Unos días después recibí la cuarta carta tanto tiempo esperada. Todavía no me he atrevido a abrirla, y a veces tengo la tentación de romperla sin más, de no leerla jamás. En parte es porque creo saber y temo lo que dirá esa carta, que, a diferencia de las tres que me dirigió Mercedes con anterioridad, tiene olor, huele un poco a colonia, a una colonia que no he olvidado o que conozco bien. No he vuelto a tener una noche de amor, y por eso, porque no se ha vuelto a repetir, tengo a veces la extraña sensación, cuando la rememoro con añoranza e intensidad, de que aquella noche traicioné a mi padre, o de que mi mujer, Marta, me traicionó a mí con él (quizá porque nos dimos apelativos ficticios o nos creamos existencias que no eran las nuestras), aunque no cabe duda de que aquella noche, en la casa, en la oscuridad, sobre el albornoz, sólo estábamos Marta y yo. Como siempre Marta y yo.

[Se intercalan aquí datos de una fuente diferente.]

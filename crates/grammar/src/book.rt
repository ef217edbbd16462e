// A book: a lawful grammar with its arc board, and the numbers of its attributes.
ghost use Rattle.std.specs.Prelude.{◌≡◌, ◌≤◌, length};
ghost use Rattle.grammar.specs.Arcs.{board_of};
ghost use Rattle.grammar.specs.Books.{grammar_view};
ghost use Rattle.grammar.specs.Lawful.{Lawful};
ghost use Rattle.grammar.specs.Numberings.{Numbered};

use crate::board::Board;
use crate::directions::Directions;
use crate::production::Production;
use crate::vocabulary::{MOST_ATTRIBUTES, Vocabulary};
use bitset::Places;

mod lookup;

// Attribute a has its number at place a - 1: 0 if it is given, 255 for none, as callers have it in their 64
// bytes; the unnumbered ones are a set with place a - 1. `passes` is the greatest number that an attribute has.
// The directions are those of the plan that the numbers are for; a book that is not numbered has none.
#[derive(Drop)]
pub struct Book {
    pub vocabulary: Vocabulary,
    pub productions: Vec<Production>,
    pub arcs: Board,
    pub numbers: [u8; MOST_ATTRIBUTES],
    pub passes: u8,
    pub unnumbered: Places,
    pub directions: Directions,
    ghost lawful: { ∥ Lawful (grammar_view vocabulary productions) ∥₁ },
    ghost labelled: { arcs ≡ board_of (grammar_view vocabulary productions) },
    ghost few: { length directions ≤ 128 },
    ghost numbered: { ∥ Numbered (grammar_view vocabulary productions) directions numbers passes unnumbered ∥₁ },
}
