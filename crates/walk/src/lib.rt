// The theory of evaluation in passes: walks and paths, straight-line programs, instances and their rules, and what passes come to.
#![tactic(auto)]

pub mod entry;
mod evaluation;
mod instances;
mod passes;
mod paths;
mod programs;
mod values;
mod walks;

pub use entry::Entry;
pub use evaluation::{
    evaluation_is_unique, evaluation_stays, first_taking_is_least, pass_evaluates,
    pass_sets_its_number_alone, passes_compose, rewriting_keeps_the_earlier,
};
pub use instances::{
    arguments_are_instances, children_stand_at_their_positions, each_instance_has_one_rule,
    inherited_are_set_at_the_parent, positions_have_children, rules_set_instances,
    synthesized_are_set_at_the_node,
};
pub use passes::{arguments_are_ready, pass_carries_out_its_rules, pass_is_ordered};
pub use paths::{
    moves_follow_the_walk, moves_perform_the_walk, path_is_within_the_depth, path_tells_the_moves,
};
pub use programs::{
    beginnings_likewise, execution_fulfils, execution_stops_at_the_undefined, fulfilment_is_unique,
};
pub use values::unadmitted_rules_have_no_value;
pub use walks::{
    brothers_are_visited_in_order, inner_nodes_have_inner_symbols, walk_enters_each_once,
    walk_goes_in_turn, walk_has_its_steps, walk_leaves_each_once, walk_length, walk_nests,
};
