// Attribute grammars, and the book that holds one.
#![tactic(auto)]

pub mod board;
pub mod book;
pub mod directions;
mod numbered;
mod numbers;
pub mod production;
#[cfg(test)]
mod tests;
mod theorems;
pub mod vocabulary;

pub use board::{Board, arc_label, bar};
pub use book::Book;
pub use directions::Directions;
pub use numbers::{unnumbered, wanting};
pub use production::{Occurrence, Production, Rule};
pub use theorems::{
    given_precedes_nothing, labels_stand_for_relations, same_position_is_barred_both_ways,
};
pub use vocabulary::{Attribute, AttributeKind, Symbol, SymbolKind, Vocabulary};
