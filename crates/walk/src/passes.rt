// What is proved of the order in which a pass sets its instances, each theorem on the contract of a function, for every type of values.
ghost use Rattle.walk.specs.Passes.{PassCarriesOutItsRules, PassIsOrdered, ArgumentsAreReady};

pub fn pass_carries_out_its_rules<V>()
    ensures { PassCarriesOutItsRules V }
{}

pub fn pass_is_ordered<V>()
    ensures { PassIsOrdered V }
{}

pub fn arguments_are_ready<V>()
    ensures { ArgumentsAreReady V }
{}
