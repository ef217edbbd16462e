// The directions of a plan's passes, kept in a book.
ghost use Rattle.std.specs.Prelude.{◌≡◌, ◌<◌, ◌↔◌, [], ◌∷◌, ◌++◌, length, if◌then◌else◌, IsTrue};

use plans::Direction;
use std::marker::Model;

// The most passes that a plan may have.
pub const MOST_PASSES: usize = 128;

// In clauses it is the list of the directions, first to last. Numbering may not fail for want of memory, so
// the memory is fixed. A plan's letters and a listing's page are kept alike, each in a type of its own: an array of
// a type parameter would owe at each call that it is small enough.
#[derive(Clone, Copy)]
pub struct Directions {
    passes: [Direction; MOST_PASSES],
    planned: usize,
}

impl Model for Directions {
    ghost use Rattle.std.specs.Prelude.{◌≡◌, ◌-◌, ◌≤◌, ◌++◌, List, length, take, drop, replicate};
    ghost use Rattle.plans.specs.declared.Direction.{Direction};
    ghost use Rattle.plans.specs.declared.Direction.TheVariants.{Left};
    ghost use Rattle.std.proofs.Common.{sym, ap, subst, ◌∙◌};
    ghost use Rattle.std.proofs.lemmas.List.{length-take-le, take-append-drop};

    ghost Value = { List Direction };

    ghost view = { λ d. take d.planned d.passes };

    // The unused places hold Left, so that the list gives all of them back: that makes it a value that may be copied.
    ghost invariant = { λ d. (length d.passes ≡ 128) × (d.planned ≤ 128) × (drop d.planned d.passes ≡ replicate (128 - d.planned) Left) };

    ghost inverse = { λ ds. record { passes = ds ++ replicate (128 - length ds) Left; planned = length ds } };

    ghost inverse_ok = { λ a h. let many = length-take-le a.planned a.passes (subst (λ n. a.planned ≤ n) (sym h.0) h.1) in let all = ap (λ m. take a.planned a.passes ++ replicate (128 - m) Left) many ∙ ap (λ ds. take a.planned a.passes ++ ds) (sym h.2) ∙ take-append-drop a.planned a.passes in λ i. record { passes = all i; planned = many i } };
}

impl Directions {
    pub fn new() -> Directions
        ensures { result ≡ [] }
    {
        Directions {
            passes: [Direction::Left; MOST_PASSES],
            planned: 0,
        }
    }

    // Adds the direction of one pass more, if a plan may have it, and says whether, as std's sets do.
    pub fn push(&mut self, direction: Direction) -> bool
        ensures room { IsTrue result ↔ (length self.old < 128) }
        ensures pushed { self.new ≡ (if result then self.old ++ direction ∷ [] else self.old) }
    {
        if self.planned == MOST_PASSES {
            return false;
        }
        self.passes[self.planned] = direction;
        self.planned += 1;
        true
    }

    pub fn as_slice(&self) -> &[Direction]
        ensures { result.now ≡ self.now }
    {
        &self.passes[..self.planned]
    }
}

No he vuelto a tener una noche de amor ni me ha vuelto a bastar con ella, y por eso también sigo yendo de putas, cada vez más caras y más aprensivas, no sé si probar con los travestidos. Pero todo eso me interesa poco, no me preocupa y es pasajero, aunque haya de durar aún. A veces me sorprendo pensando que en su momento lo más fácil y deseable sería que Marta muriera antes, porque así podría enterrarla en el sitio del panteón que quedó vacante. De este modo no tendría que darle explicaciones sobre mi cambio de parecer, pues ahora deseo que se me incinere y no se me entierre, en modo alguno que se me entierre. Sin embargo no sé si ganaría algo con eso -me sorprendo pensando-, pues mi padre debe de estar ocupando su puesto junto a Mercedes, mi puesto, por toda la eternidad. Una vez incinerado, así pues -me sorprendo pensando-, tendría que acabar con mi padre, pero no sé cómo puede acabarse con alguien que ya está muerto. Pienso a veces si esa carta que aún no he abierto no dirá algo distinto de lo que imagino y temo, si no me daría ella la solución, si no me preferirá. Luego pienso: «Qué absurdo. Ni siquiera nos hemos visto.» Luego miro la carta y la huelo y le doy vueltas entre mis manos, y al final acabo escondiéndola siempre, sin abrirla aún.